▸ Task to complete
Go through the entries below. Copy out every line that contains "DivideByZero".
Start of Available records
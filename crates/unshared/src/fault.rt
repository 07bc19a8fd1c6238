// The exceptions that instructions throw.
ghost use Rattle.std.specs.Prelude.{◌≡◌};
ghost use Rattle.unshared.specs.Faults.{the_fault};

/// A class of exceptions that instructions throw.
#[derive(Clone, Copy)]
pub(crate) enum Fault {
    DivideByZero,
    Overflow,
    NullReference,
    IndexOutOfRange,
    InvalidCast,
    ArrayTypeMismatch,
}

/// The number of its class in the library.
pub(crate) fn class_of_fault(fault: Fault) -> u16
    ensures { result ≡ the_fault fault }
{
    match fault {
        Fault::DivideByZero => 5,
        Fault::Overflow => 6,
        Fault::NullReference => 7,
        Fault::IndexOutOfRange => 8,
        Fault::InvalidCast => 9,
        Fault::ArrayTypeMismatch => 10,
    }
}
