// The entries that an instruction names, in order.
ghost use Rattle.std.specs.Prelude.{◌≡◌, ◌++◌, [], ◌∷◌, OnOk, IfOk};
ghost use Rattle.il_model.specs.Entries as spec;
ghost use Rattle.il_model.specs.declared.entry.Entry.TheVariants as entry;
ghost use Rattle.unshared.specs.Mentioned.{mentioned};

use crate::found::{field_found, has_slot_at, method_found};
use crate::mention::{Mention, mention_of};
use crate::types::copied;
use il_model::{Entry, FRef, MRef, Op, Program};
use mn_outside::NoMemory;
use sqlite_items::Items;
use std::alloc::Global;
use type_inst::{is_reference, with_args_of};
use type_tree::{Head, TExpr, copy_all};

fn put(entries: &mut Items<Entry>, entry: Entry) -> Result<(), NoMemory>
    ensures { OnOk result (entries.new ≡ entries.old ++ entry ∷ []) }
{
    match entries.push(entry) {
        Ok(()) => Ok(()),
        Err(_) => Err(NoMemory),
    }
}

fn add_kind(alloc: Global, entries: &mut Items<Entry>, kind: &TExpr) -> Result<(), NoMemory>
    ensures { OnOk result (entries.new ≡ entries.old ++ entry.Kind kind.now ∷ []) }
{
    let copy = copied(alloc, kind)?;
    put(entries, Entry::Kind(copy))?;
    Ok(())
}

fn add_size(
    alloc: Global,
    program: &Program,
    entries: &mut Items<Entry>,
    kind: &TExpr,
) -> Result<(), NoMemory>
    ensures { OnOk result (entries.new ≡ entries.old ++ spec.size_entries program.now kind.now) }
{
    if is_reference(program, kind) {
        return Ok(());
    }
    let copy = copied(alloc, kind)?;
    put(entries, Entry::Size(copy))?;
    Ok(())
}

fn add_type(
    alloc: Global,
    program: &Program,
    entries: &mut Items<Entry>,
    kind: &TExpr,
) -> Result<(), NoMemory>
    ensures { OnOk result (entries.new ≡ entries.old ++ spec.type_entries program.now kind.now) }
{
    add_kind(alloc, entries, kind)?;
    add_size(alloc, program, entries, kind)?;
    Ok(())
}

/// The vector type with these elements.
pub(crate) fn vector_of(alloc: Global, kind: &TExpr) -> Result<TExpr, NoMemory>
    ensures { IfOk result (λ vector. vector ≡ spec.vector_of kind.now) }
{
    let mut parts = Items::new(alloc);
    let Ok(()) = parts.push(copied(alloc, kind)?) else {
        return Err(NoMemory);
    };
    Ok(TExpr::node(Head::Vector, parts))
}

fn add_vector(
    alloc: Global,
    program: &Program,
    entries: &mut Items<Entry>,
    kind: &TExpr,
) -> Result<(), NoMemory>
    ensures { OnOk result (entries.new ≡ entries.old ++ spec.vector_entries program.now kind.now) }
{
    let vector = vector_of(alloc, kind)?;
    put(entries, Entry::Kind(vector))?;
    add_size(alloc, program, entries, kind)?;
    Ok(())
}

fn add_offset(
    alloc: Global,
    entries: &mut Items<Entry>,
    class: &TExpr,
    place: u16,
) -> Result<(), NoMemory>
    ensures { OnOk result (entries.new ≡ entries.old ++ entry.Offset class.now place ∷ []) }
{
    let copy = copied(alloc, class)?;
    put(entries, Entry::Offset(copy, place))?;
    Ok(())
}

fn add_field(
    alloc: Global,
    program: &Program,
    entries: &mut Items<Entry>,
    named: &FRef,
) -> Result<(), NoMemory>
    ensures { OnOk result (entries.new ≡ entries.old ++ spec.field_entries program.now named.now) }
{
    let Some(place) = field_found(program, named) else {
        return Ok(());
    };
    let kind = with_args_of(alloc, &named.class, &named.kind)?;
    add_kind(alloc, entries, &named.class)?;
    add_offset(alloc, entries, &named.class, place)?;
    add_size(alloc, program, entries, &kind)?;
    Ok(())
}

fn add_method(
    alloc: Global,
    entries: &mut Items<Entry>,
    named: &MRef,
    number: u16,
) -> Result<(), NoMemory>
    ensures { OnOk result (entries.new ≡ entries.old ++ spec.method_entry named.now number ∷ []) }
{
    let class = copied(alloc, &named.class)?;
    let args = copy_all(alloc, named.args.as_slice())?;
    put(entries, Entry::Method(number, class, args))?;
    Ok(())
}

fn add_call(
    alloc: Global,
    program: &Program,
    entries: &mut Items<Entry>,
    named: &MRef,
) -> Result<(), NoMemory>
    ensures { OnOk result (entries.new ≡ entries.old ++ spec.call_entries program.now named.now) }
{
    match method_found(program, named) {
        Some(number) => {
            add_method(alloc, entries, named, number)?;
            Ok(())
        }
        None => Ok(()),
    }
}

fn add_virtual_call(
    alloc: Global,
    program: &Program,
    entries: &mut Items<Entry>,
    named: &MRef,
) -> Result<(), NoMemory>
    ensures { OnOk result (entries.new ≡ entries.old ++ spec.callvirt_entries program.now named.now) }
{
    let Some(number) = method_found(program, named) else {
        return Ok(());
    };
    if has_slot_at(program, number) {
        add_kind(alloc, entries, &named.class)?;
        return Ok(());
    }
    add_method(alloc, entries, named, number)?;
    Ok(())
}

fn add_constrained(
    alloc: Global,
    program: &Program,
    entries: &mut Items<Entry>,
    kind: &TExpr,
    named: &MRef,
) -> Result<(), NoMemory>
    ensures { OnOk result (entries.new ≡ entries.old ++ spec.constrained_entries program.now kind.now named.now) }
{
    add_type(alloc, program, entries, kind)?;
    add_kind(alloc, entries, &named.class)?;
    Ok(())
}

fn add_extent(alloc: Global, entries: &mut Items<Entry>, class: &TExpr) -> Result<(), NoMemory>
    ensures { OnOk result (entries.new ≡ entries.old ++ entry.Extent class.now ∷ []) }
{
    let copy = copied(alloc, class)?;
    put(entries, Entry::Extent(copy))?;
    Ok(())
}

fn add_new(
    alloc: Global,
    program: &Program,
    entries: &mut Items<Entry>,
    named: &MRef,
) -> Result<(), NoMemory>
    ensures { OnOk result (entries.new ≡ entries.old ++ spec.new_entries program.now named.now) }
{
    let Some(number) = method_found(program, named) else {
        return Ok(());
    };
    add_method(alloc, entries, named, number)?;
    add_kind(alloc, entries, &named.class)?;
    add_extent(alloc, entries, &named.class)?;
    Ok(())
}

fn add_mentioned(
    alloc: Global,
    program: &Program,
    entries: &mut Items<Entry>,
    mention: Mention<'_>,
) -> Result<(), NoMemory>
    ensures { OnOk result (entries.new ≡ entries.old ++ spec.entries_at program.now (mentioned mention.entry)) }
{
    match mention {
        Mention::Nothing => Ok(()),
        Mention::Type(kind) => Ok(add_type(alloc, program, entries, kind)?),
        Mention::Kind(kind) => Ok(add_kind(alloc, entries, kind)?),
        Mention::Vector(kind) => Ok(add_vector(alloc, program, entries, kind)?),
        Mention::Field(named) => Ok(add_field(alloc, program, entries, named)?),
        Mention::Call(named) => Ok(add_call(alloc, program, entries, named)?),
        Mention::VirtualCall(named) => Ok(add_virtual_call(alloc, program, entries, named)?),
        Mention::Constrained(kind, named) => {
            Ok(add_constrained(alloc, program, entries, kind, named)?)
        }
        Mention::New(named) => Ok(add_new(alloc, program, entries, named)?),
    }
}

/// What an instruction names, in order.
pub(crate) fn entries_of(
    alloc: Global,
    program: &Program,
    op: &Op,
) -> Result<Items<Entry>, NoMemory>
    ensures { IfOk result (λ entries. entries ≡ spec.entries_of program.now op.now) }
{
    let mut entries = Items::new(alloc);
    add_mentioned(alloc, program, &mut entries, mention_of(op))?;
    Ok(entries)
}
End of Available records
▸ Task result
    DivideByZero,
        Fault::DivideByZero => 5,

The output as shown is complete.